▶ [TASK INPUT]:
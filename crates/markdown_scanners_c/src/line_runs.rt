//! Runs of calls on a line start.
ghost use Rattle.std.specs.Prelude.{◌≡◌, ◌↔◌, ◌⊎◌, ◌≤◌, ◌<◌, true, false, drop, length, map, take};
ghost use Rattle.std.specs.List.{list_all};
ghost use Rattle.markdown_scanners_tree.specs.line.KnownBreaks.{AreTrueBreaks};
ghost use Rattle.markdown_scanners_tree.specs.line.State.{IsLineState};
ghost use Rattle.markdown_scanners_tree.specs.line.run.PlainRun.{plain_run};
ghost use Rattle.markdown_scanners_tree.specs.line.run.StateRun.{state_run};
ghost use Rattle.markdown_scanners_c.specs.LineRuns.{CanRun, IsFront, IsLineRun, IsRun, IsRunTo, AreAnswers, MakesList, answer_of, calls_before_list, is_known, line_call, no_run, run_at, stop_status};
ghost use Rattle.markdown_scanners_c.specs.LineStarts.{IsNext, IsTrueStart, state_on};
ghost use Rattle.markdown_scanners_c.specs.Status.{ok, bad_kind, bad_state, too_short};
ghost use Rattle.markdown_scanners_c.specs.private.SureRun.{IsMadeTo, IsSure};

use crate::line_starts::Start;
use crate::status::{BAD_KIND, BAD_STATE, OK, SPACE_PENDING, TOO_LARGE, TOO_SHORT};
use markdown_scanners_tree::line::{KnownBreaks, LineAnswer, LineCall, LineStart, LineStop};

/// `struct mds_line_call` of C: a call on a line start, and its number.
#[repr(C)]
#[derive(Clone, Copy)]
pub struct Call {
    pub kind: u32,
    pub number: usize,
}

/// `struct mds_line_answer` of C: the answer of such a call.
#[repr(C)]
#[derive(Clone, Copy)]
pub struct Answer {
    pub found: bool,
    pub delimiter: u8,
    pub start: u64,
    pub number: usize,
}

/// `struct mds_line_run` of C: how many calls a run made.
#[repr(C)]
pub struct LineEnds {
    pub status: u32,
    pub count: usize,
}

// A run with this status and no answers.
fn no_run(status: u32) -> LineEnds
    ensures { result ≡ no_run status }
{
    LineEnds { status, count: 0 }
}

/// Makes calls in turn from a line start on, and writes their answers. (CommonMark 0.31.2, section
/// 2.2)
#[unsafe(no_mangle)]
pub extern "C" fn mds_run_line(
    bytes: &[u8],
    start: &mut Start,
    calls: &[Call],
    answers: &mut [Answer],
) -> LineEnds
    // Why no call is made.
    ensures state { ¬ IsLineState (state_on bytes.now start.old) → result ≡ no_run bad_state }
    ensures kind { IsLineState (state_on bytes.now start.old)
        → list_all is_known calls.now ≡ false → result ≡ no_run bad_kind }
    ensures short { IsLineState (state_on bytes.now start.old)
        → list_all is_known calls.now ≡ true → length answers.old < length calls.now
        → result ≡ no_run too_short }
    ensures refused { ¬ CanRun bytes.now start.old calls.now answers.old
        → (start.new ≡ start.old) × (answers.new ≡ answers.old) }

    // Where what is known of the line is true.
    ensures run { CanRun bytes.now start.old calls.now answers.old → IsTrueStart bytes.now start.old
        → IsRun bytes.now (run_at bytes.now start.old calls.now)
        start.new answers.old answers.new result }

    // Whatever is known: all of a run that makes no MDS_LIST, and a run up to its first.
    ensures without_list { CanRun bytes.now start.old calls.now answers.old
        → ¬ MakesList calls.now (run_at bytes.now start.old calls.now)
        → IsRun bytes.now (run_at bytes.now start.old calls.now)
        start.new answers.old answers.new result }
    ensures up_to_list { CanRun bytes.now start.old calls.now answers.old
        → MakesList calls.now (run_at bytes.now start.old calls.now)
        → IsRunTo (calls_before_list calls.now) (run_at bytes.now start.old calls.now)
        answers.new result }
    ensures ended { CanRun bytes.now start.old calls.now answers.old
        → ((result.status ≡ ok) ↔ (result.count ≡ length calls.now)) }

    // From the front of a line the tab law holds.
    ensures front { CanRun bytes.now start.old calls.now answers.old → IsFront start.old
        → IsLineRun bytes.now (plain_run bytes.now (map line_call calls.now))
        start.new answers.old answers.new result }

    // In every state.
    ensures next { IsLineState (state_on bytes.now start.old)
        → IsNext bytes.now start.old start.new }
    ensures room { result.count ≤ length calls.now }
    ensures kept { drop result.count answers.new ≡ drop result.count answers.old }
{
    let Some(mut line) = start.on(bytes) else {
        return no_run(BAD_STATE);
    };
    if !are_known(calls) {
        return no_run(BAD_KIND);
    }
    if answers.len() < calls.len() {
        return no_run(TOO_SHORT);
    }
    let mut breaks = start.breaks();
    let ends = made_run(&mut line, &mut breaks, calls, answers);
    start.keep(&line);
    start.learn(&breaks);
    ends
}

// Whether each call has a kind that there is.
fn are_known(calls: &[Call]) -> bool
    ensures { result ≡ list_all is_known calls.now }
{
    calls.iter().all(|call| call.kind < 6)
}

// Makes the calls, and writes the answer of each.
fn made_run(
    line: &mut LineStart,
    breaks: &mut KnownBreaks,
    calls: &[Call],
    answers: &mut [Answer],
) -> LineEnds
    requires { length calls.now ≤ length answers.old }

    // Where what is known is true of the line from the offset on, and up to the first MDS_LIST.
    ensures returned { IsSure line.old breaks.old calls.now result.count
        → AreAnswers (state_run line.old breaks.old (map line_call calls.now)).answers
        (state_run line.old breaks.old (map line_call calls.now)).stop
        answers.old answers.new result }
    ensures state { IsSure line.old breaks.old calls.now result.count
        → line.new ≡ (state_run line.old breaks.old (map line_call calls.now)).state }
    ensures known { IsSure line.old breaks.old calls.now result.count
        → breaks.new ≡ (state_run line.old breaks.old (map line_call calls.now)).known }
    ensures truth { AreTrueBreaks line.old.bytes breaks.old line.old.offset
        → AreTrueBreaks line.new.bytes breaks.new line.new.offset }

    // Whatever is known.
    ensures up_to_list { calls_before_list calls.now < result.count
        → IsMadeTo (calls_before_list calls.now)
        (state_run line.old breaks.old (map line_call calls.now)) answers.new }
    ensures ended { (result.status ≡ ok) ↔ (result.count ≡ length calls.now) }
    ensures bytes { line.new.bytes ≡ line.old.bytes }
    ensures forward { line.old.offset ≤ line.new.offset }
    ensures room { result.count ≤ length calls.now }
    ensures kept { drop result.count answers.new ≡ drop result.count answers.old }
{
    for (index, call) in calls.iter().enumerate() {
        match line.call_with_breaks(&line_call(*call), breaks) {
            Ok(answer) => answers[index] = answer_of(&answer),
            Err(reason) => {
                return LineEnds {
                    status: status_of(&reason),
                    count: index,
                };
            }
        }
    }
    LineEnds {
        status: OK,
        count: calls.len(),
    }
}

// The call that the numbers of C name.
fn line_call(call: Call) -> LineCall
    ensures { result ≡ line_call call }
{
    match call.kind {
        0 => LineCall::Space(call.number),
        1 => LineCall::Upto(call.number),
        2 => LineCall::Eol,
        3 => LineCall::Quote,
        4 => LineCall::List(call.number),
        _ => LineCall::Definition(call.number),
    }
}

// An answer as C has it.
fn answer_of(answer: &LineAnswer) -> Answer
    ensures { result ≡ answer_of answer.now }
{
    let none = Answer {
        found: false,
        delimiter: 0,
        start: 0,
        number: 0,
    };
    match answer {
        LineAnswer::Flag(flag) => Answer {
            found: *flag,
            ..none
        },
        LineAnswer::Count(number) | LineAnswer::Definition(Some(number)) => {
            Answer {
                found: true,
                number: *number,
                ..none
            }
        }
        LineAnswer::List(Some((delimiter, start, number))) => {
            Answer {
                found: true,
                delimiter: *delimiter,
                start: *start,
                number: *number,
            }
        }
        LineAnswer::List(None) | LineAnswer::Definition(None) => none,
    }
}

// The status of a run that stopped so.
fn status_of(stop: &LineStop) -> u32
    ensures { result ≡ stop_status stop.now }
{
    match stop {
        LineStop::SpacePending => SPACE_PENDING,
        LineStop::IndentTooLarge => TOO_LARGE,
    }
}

▶ [WHAT IS NEEDED]: Could you repeat exactly the lines above from the line with "(state_run line.old breaks.old (map line_call calls.now)).stop" up to and including the line with "breaks.new ≡ (state_run", and only those?

▶ [RESPONSE]:
        (state_run line.old breaks.old (map line_call calls.now)).stop
        answers.old answers.new result }
    ensures state { IsSure line.old breaks.old calls.now result.count
        → line.new ≡ (state_run line.old breaks.old (map line_call calls.now)).state }
    ensures known { IsSure line.old breaks.old calls.now result.count
        → breaks.new ≡ (state_run line.old breaks.old (map line_call calls.now)).known }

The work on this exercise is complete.